[Stored items]

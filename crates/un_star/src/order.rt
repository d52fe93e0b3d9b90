//! Links and errors in their orders.

ghost use Rattle.std.specs.Prelude.{◌≡◌, IfOk, map, true};
ghost use Rattle.un_defs.specs.Orders.{rising, tie_cmp, error_cmp};
ghost use Rattle.un_star.specs.Named.{named};

use std::alloc::{AllocError, Global};
use un_defs::link::TieList;
use un_defs::order::rising;
use un_defs::{LinkName, PackedTie, TopoError};

/// A link as one of its two ends has it, which compares by the link's name.
#[derive(Clone, Copy)]
#[derive_where(PartialEq, Eq, PartialOrd, Ord)]
struct ByName {
    name: LinkName,
    #[derive_where(skip(EqHashOrd))]
    tie: PackedTie,
}

fn by_name(tie: &PackedTie) -> ByName
    ensures { result ≡ named tie.now }
{
    ByName {
        name: tie.name(),
        tie: *tie,
    }
}

fn with_names(alloc: Global, ties: &[PackedTie]) -> Result<Vec<ByName>, AllocError>
    ensures { IfOk result (λ all. all.items ≡ map named ties.now) }
{
    ties.iter().map(|tie| by_name(tie)).collect(alloc)
}

fn without_names(alloc: Global, all: &[ByName]) -> Result<Vec<PackedTie>, AllocError>
    ensures { IfOk result (λ ties. ties.items ≡ map (λ b. b.tie) all.now) }
{
    all.iter().map(|named| named.tie).collect(alloc)
}

/// Whether the name of each link is less than that of the next one.
#[tactic(auto, using(crate::proofs::OrdersAlike::names_alike))]
fn are_rising(ties: &[PackedTie]) -> bool
    ensures { result ≡ true → rising tie_cmp ties.now ≡ ties.now }
{
    let count = ties.len();
    for done in 1..count {
        if ties[count - done - 1]
            .name()
            .cmp(&ties[count - done].name())
            .is_ge()
        {
            return false;
        }
    }
    true
}

/// The links in the order of their names. Links that rise already stay as they are.
pub(crate) fn rising_ties(alloc: Global, ties: TieList) -> Result<TieList, AllocError>
    ensures { IfOk result (λ in_order. in_order.items ≡ rising tie_cmp ties.items) }
{
    if are_rising(ties.as_slice()) {
        return Ok(ties);
    }
    let all = with_names(alloc, ties.as_slice())?;
    let all = rising(alloc, all.as_slice())?;
    let sorted = without_names(alloc, all.as_slice())?;
    Ok(TieList::from_vec(sorted))
}

/// The errors in their order.
pub(crate) fn rising_errors(
    alloc: Global,
    errors: &[TopoError],
) -> Result<Vec<TopoError>, AllocError>
    ensures { IfOk result (λ in_order. in_order.items ≡ rising error_cmp errors.now) }
{
    let errors = rising(alloc, errors)?;
    Ok(errors)
}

— REQUIRED ACTION —
Of the entries above, repeat exactly the lines between the line with "pub(crate) fn rising_ties(alloc: Global, ties: TieList)" and the line with "let errors = rising(alloc, errors)?;", inclusive, and no others.

— TASK RESPONSE —
pub(crate) fn rising_ties(alloc: Global, ties: TieList) -> Result<TieList, AllocError>
    ensures { IfOk result (λ in_order. in_order.items ≡ rising tie_cmp ties.items) }
{
    if are_rising(ties.as_slice()) {
        return Ok(ties);
    }
    let all = with_names(alloc, ties.as_slice())?;
    let all = rising(alloc, all.as_slice())?;
    let sorted = without_names(alloc, all.as_slice())?;
    Ok(TieList::from_vec(sorted))
}

/// The errors in their order.
pub(crate) fn rising_errors(
    alloc: Global,
    errors: &[TopoError],
) -> Result<Vec<TopoError>, AllocError>
    ensures { IfOk result (λ in_order. in_order.items ≡ rising error_cmp errors.now) }
{
    let errors = rising(alloc, errors)?;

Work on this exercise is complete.